**What is expected**
In your reply, reproduce the lines from the first one below to the line containing "pub(crate) struct Sighting", inclusive, exactly as they stand.

╔══

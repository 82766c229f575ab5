//! What is found of an output, with the pair that shows it.

ghost use Rattle.std.specs.Prelude.{◌≡◌, option_map, IfOk};
ghost use Rattle.td_answer.specs.Sightings.{kept_pair, shown_by, sighted, vectors_of};

use crate::answers::vector_of;
use std::alloc::{AllocError, Global};
use td_domain::Pair;
use td_lines::{Found, Vectors};
use td_worst::KeptAnswer;

/// What is found of a worst delay, and a pair that has the figure, or the lower one, where that is
/// asked for and known.
#[derive(Debug, Drop)]
pub(crate) struct Sighting {
    pub(crate) found: Found,
    pub(crate) pair: Option<Vectors>,
}

/// The pair of an answer about the pairs that keep conditions, if there is one.
pub(crate) fn kept_pair(answer: &KeptAnswer) -> Option<&Pair>
    ensures { option_map (λ pair. pair.now) result ≡ kept_pair answer.now }
{
    match answer {
        KeptAnswer::Exact { best, .. } => Some(&best.pair),
        KeptAnswer::Between { best, .. } => Some(&best.pair),
        KeptAnswer::Open { .. } | KeptAnswer::NoPair { .. } => None,
    }
}

/// A pair, where something is found that a pair shows.
fn shown_by(found: Found, pair: Option<&Pair>) -> Option<&Pair>
    ensures { option_map (λ pair. pair.now) result ≡ shown_by found (option_map (λ pair. pair.now) pair.entry) }
{
    match found {
        Found::Exact(_) | Found::Between { .. } => pair,
        Found::AtMost(_) | Found::NoPair => None,
    }
}

/// The vectors of a pair.
fn vectors_of(alloc: Global, pair: &Pair) -> Result<Vectors, AllocError>
    ensures { IfOk result (λ vectors. vectors ≡ vectors_of pair.now) }
{
    let from = vector_of(alloc, pair.first())?;
    let to = vector_of(alloc, pair.second())?;
    Ok(Vectors { from, to })
}

/// The vectors of a pair, if there is one.
fn vectors_in(alloc: Global, pair: Option<&Pair>) -> Result<Option<Vectors>, AllocError>
    ensures { IfOk result (λ vectors. vectors ≡ option_map vectors_of (option_map (λ pair. pair.now) pair.entry)) }
{
    match pair {
        None => Ok(None),
        Some(pair) => {
            let vectors = vectors_of(alloc, pair)?;
            Ok(Some(vectors))
        }
    }
}

/// What is found, with the pair where that is asked for.
pub(crate) fn sighted(
    alloc: Global,
    is_asked: bool,
    found: Found,
    pair: Option<&Pair>,
) -> Result<Sighting, AllocError>
    ensures { IfOk result (λ seen. seen ≡ sighted is_asked found (option_map (λ pair. pair.now) pair.entry)) }
{
    if !is_asked {
        return Ok(Sighting { found, pair: None });
    }
    let pair = vectors_in(alloc, shown_by(found, pair))?;
    Ok(Sighting { found, pair })
}
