//! What a report says of the answer of a search.

ghost use Rattle.std.specs.Prelude.{◌≡◌, ◌++◌, length, IfOk, OnOk};
ghost use Rattle.td_answer.specs.Heads.{head_lines};
ghost use Rattle.td_answer.specs.Lines.{end_lines, cause_line, exact_lines, between_lines, answer_lines, ending_of, pair_in};

use crate::ended::Ended;
use crate::head::begun;
use crate::requirement::{cause_by, ending_by, push_required};
use crate::status::Status;
use std::alloc::{AllocError, Global};
use td_certificate::Tree;
use td_circuit::Circuit;
use td_domain::Pair;
use td_lines::{Cause, Line, Report, Vector};
use td_search::Answer;

/// The pair of an answer.
pub(crate) fn pair_in(answer: &Answer) -> &Pair
    ensures { result.now ≡ pair_in answer.now }
{
    match answer {
        Answer::Exact { pair, .. } => pair,
        Answer::Between { pair, .. } => pair,
    }
}

/// How a search ends with an answer, where this moment is required.
pub(crate) fn ending_of(required: Option<u64>, answer: &Answer) -> Status
    ensures { result ≡ ending_of required answer.now }
{
    match answer {
        Answer::Exact { time, .. } => ending_by(required, Status::Done, *time, *time),
        Answer::Between { low, high, .. } => ending_by(required, Status::Between, *low, *high),
    }
}

/// The report of an answer of a search that ended so.
pub(crate) fn report_of(
    alloc: Global,
    circuit: &Circuit,
    answer: &Answer,
    ended: Ended<'_, '_>,
) -> Result<Report, AllocError>
    ensures { IfOk result (λ report. report ≡ head_lines circuit.now.netlist ++ answer_lines ended.entry answer.now) }
{
    let mut report = begun(alloc, circuit)?;
    push_answer(alloc, &mut report, answer, ended)?;
    Ok(report)
}

fn push_answer(
    alloc: Global,
    report: &mut Report,
    answer: &Answer,
    ended: Ended<'_, '_>,
) -> Result<(), AllocError>
    ensures { OnOk result (report.new ≡ report.old ++ answer_lines ended.entry answer.now) }
{
    match answer {
        Answer::Exact { time, pair, tree } => {
            push_exact(alloc, report, ended, *time, pair, tree)
        }
        Answer::Between {
            low,
            high,
            pair,
            nodes,
            cause,
        } => {
            let figures = Figures {
                low: *low,
                high: *high,
                cause: ended.cause(*cause, *nodes),
            };
            push_between(alloc, report, ended, figures, pair, *nodes)
        }
    }
}

pub(crate) fn vector_of(alloc: Global, bits: &[bool]) -> Result<Vector, AllocError>
    ensures { IfOk result (λ vector. vector ≡ bits.now) }
{
    let bits = Vec::from_slice(alloc, bits)?;
    Ok(Vector::new(bits))
}

/// Appends what the search took, where it is asked for, and what is required, where its figures are
/// these.
pub(crate) fn push_end(
    report: &mut Report,
    ended: Ended<'_, '_>,
    low: u64,
    high: u64,
) -> Result<(), AllocError>
    ensures { OnOk result (report.new ≡ report.old ++ end_lines ended.entry low high) }
{
    ended.push_work(report)?;
    push_required(report, ended.search.required, low, high)
}

/// The line of why figures are open.
pub(crate) fn cause_line(ended: Ended<'_, '_>, low: u64, high: u64, cause: Cause) -> Line
    ensures { result ≡ cause_line ended.entry low high cause }
{
    Line::Cause(cause_by(ended.search.required, low, high, cause))
}

/// Appends the lines of an exact answer.
pub(crate) fn push_exact(
    alloc: Global,
    report: &mut Report,
    ended: Ended<'_, '_>,
    time: u64,
    pair: &Pair,
    tree: &Tree,
) -> Result<(), AllocError>
    ensures { OnOk result (report.new ≡ report.old ++ exact_lines ended.entry time pair.now (length tree.now)) }
{
    let first = vector_of(alloc, pair.first())?;
    let second = vector_of(alloc, pair.second())?;
    let nodes = tree.nodes();
    let nodes = nodes.len() as u64;
    report.four(
        Line::Exact(time),
        Line::From(first),
        Line::To(second),
        Line::Nodes(nodes),
    )?;
    push_end(report, ended, time, time)
}

/// The figures of an answer that stays open, and why it does.
#[derive(Clone, Copy, Debug)]
pub(crate) struct Figures {
    pub low: u64,
    pub high: u64,
    pub cause: Cause,
}

/// Appends the lines of the answer of a search that was cut short.
pub(crate) fn push_between(
    alloc: Global,
    report: &mut Report,
    ended: Ended<'_, '_>,
    figures: Figures,
    pair: &Pair,
    nodes: u64,
) -> Result<(), AllocError>
    ensures { OnOk result (report.new ≡ report.old ++ between_lines ended.entry figures.low figures.high figures.cause pair.now nodes) }
{
    let Figures { low, high, cause } = figures;
    let first = vector_of(alloc, pair.first())?;
    let second = vector_of(alloc, pair.second())?;
    report.add(Line::Between { low, high })?;
    report.four(
        cause_line(ended, low, high, cause),
        Line::From(first),
        Line::To(second),
        Line::Nodes(nodes),
    )?;
    push_end(report, ended, low, high)
}
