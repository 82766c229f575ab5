//! What is known of a required moment.

ghost use Rattle.std.specs.Prelude.{◌≡◌, ◌++◌, OnOk};
ghost use Rattle.td_answer.specs.Requirements.{standing_of, standing_by, requirement_of, bound_standing, is_decided, required_lines, met_lines, met_ending, cause_by, ending_of_standing, ending_by};

use crate::status::Status;
use std::alloc::AllocError;
use td_lines::{Cause, Found, Line, Report, Requirement, Standing};

/// How a required moment stands: a pair has the lower figure, and none is later than the upper one.
fn standing_of(moment: u64, low: u64, high: u64) -> Standing
    ensures { result ≡ standing_of moment low high }
{
    if high <= moment {
        return Standing::Met;
    }
    if moment < low {
        return Standing::Violated;
    }
    Standing::Open
}

/// How a required moment stands by what is found of an output.
fn standing_by(moment: u64, found: Found) -> Standing
    ensures { result ≡ standing_by moment found }
{
    match found {
        Found::Exact(time) => standing_of(moment, time, time),
        Found::Between { low, high } => standing_of(moment, low, high),
        Found::AtMost(high) => standing_of(moment, 0, high),
        Found::NoPair => Standing::Met,
    }
}

/// How the required moment stands, where there is one, by what is found of an output.
pub(crate) fn requirement_of(required: Option<u64>, found: Found) -> Option<Requirement>
    ensures { result ≡ requirement_of required found }
{
    match required {
        None => None,
        Some(moment) => Some(Requirement {
            moment,
            standing: standing_by(moment, found),
        }),
    }
}

/// Whether a moment is required, and two figures decide whether it is met.
pub(crate) fn is_decided(required: Option<u64>, low: u64, high: u64) -> bool
    ensures { result ≡ is_decided required low high }
{
    match required {
        None => false,
        Some(moment) => high <= moment || moment < low,
    }
}

/// Appends how the required moment stands, where there is one.
pub(crate) fn push_required(
    report: &mut Report,
    required: Option<u64>,
    low: u64,
    high: u64,
) -> Result<(), AllocError>
    ensures { OnOk result (report.new ≡ report.old ++ required_lines required low high) }
{
    match required {
        None => Ok(()),
        Some(moment) => report.add(Line::Required(moment, standing_of(moment, low, high))),
    }
}

/// Why figures are open.
pub(crate) fn cause_by(required: Option<u64>, low: u64, high: u64, cause: Cause) -> Cause
    ensures { result ≡ cause_by required low high cause }
{
    if is_decided(required, low, high) {
        return Cause::Required;
    }
    cause
}

/// How a required moment stands by a bound alone: no pair is later than that.
fn bound_standing(moment: u64, bound: Option<u64>) -> Standing
    ensures { result ≡ bound_standing moment bound }
{
    match bound {
        None => Standing::Open,
        Some(bound) => {
            if bound <= moment {
                Standing::Met
            } else {
                Standing::Open
            }
        }
    }
}

/// Appends how the required moment stands by a bound alone, where there is one.
pub(crate) fn push_met(
    report: &mut Report,
    required: Option<u64>,
    bound: Option<u64>,
) -> Result<(), AllocError>
    ensures { OnOk result (report.new ≡ report.old ++ met_lines required bound) }
{
    match required {
        None => Ok(()),
        Some(moment) => report.add(Line::Required(moment, bound_standing(moment, bound))),
    }
}

/// How bounds end: as the required moment stands by the least of them.
pub(crate) fn met_ending(required: Option<u64>, bound: Option<u64>) -> Status
    ensures { result ≡ met_ending required bound }
{
    match required {
        None => Status::Done,
        Some(moment) => ending_of(bound_standing(moment, bound)),
    }
}

fn ending_of(standing: Standing) -> Status
    ensures { result ≡ ending_of_standing standing }
{
    match standing {
        Standing::Met => Status::Done,
        Standing::Violated => Status::Violated,
        Standing::Open => Status::Between,
    }
}

/// How a search ends with two figures: as a required moment stands, or else so.
pub(crate) fn ending_by(required: Option<u64>, plain: Status, low: u64, high: u64) -> Status
    ensures { result ≡ ending_by required plain low high }
{
    match required {
        None => plain,
        Some(moment) => ending_of(standing_of(moment, low, high)),
    }
}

╚══

**Solved problem**
repository 82766c229f575ab5
//! What is found of an output, with the pair that shows it.

ghost use Rattle.std.specs.Prelude.{◌≡◌, option_map, IfOk};
ghost use Rattle.td_answer.specs.Sightings.{kept_pair, shown_by, sighted, vectors_of};

use crate::answers::vector_of;
use std::alloc::{AllocError, Global};
use td_domain::Pair;
use td_lines::{Found, Vectors};
use td_worst::KeptAnswer;

/// What is found of a worst delay, and a pair that has the figure, or the lower one, where that is
/// asked for and known.
#[derive(Debug, Drop)]
pub(crate) struct Sighting {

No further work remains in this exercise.